I'm 42, my wife just turned 30 this year.
...and I guess you could say I'm a desperate housewife, synchrocity strikes again!

I know there'll be a brighter day, and that this may be a turning point for the better in my life, but right now that's hard to see because of the swirling darkness all around.

..and yes Safariman, I don't think she knows what she's getting into with the kids, part of my duties have been to keep them out of her hair to a certain extent. I hope she can rise to it for their sakes. As worried as I am for me, it all goes quadruple for them. She's in love right now though and I think it's blinding her to what the future will be like for both them and her. I've been trying to tell her we can change our circumstances, and get family therapy and try to fix the problems, but she's having none of it. She's tired of me, of her job (which she quit) and tired of the house and even the city we live in. She's moving approx. 3 hours away to live with her mom until she can get on her feet again. I don't have any idea where her new relationship will take her after that. I hope he's a decent guy, I still love her and as freaking odd as it sounds, I still want her to be happy.

Harsky: The kids have no clue, they're too young to get it. We'll have to see how it affects them when she's gone at the end of the month. My mom & dad stayed together on my account and it was pretty rough all around. My wife and I never fought that much though, and though life was kinda boring, it was never harsh. She says it'll be best for the kids this way and they'll be fine, and eventually have a much happier mom. Her parents divorced early in her childhood, and she says she turned out fine and I shouldn't be worried.  Hope she's right.

laguerzinho: You know I'm trying, and I know you're thinking about me. One day we'll be on top of a pyramid my friend! Literally and figuratively!


----------



## 5uck3rpunch (Nov 9, 2006)

mthrnite, I know I only know you from these forums, but when I read your 1st post in this thread I was sick to my stomach & heartbroken for you.  I'm 36 & have been there, done that & know the BLACK DARKNESS of feelings that you have right now.  

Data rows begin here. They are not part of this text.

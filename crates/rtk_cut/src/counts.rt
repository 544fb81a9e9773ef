//! How many records a file has, and how many its part has.

ghost use Rattle.std.specs.Prelude.{◌≡◌, ◌+◌, ℕ};
ghost use Rattle.rtk_tracking.specs.Epochs.{capped};

/// How many records a file has, and how many of them its part has.
#[derive(Clone, Copy, Debug, PartialEq, Eq)]
pub struct CutCounts {
    pub records: u64,
    pub written: u64,
}

/// One more record.
pub(crate) fn one_more(count: u64) -> u64
    ensures { (before : ℕ) → count ≡ capped before → result ≡ capped (before + 1) }
{
    count.saturating_add(1)
}
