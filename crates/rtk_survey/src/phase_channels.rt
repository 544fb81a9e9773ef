//! The channels of GLONASS on which the phases of a message are counted.

ghost use Rattle.std.specs.Prelude.{◌≡◌, ◌≢◌, ◌<◌, ◌-ℤ◌, ℕ, pos, Some};
ghost use Rattle.rtk_obs.specs.Carriers.{IsSlot, channel_at};
ghost use Rattle.rtk_survey.specs.PhaseChannels as spec;

use crate::channels::{CHANNELS, SLOTS, field_told, tells_channels};
use rtk_message::AnyMessage;
use rtk_obs::{Channel, Channels};

/// The field that tells channel 0.
const FIELD_OF_0: u8 = 7;

// The field of the channel on which phases are counted.
fn phase_field(field: Option<u8>) -> u8
    ensures value { result ≡ spec.phase_field field }
    ensures bound { result < 14 }
{
    match field {
        Some(field) if field < CHANNELS => field,
        _ => FIELD_OF_0,
    }
}

// The channel that a field tells.
fn channel_of_field(field: u8) -> Channel
    requires { field < 14 }
    ensures { result ≡ pos field -ℤ pos 7 }
{
    let Some(channel) = Channel::new(field as i8 - 7) else {
        unreachable!();
    };
    channel
}

// Sets the channel of a slot on which its phases are counted.
fn set_slot(channels: &mut Channels, message: &AnyMessage, slot: u8)
    requires { IsSlot slot }
    ensures own { channel_at channels.new slot ≡ spec.phase_channel message.now slot }
    ensures others { (s : ℕ) → IsSlot s → s ≢ slot → channel_at channels.new s ≡ channel_at channels.old s }
{
    let channel = channel_of_field(phase_field(field_told(message, slot)));
    channels.set(slot, channel);
}

// Each slot is on channel 0.
fn on_channel_0() -> Channels
    ensures { (slot : ℕ) → IsSlot slot → channel_at result slot ≡ Some (pos 0) }
{
    let channel = channel_of_field(FIELD_OF_0);
    let mut channels = Channels::new();
    for slot in 1..SLOTS {
        channels.set(slot, channel);
    }
    channels
}

// Each slot is on the channel that the message tells, or else on channel 0.
fn on_told_channels(message: &AnyMessage) -> Channels
    ensures { (slot : ℕ) → IsSlot slot → channel_at result slot ≡ spec.phase_channel message.now slot }
{
    let mut channels = Channels::new();
    for slot in 1..SLOTS {
        set_slot(&mut channels, message, slot);
    }
    channels
}

/// The channels on which the phases of a message are counted.
pub(crate) fn phase_channels(message: &AnyMessage) -> Channels
    ensures { result ≡ spec.phase_channels message.now }
{
    // most messages tell no channel of any slot
    if tells_channels(message) {
        on_told_channels(message)
    } else {
        on_channel_0()
    }
}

My 1st wife did the same thing to me out of the blue.  I thought all was fine & she did the same thing.  We had just moved to Texas, it was the 1 year anniversary of my mom's death & my younger brother was leaning on me HARD (he was suicidal) for support due to my mom's death.  Then the wife drops that same bomb on me.

I had no friends or family here in Texas & I had to get out ASAP (I left her everything due to my mind being blown) & find a place to live.  I was supporting myself by a bad/low paying job.  What a mess.  The ONLY good thing was that we didn't have any children yet.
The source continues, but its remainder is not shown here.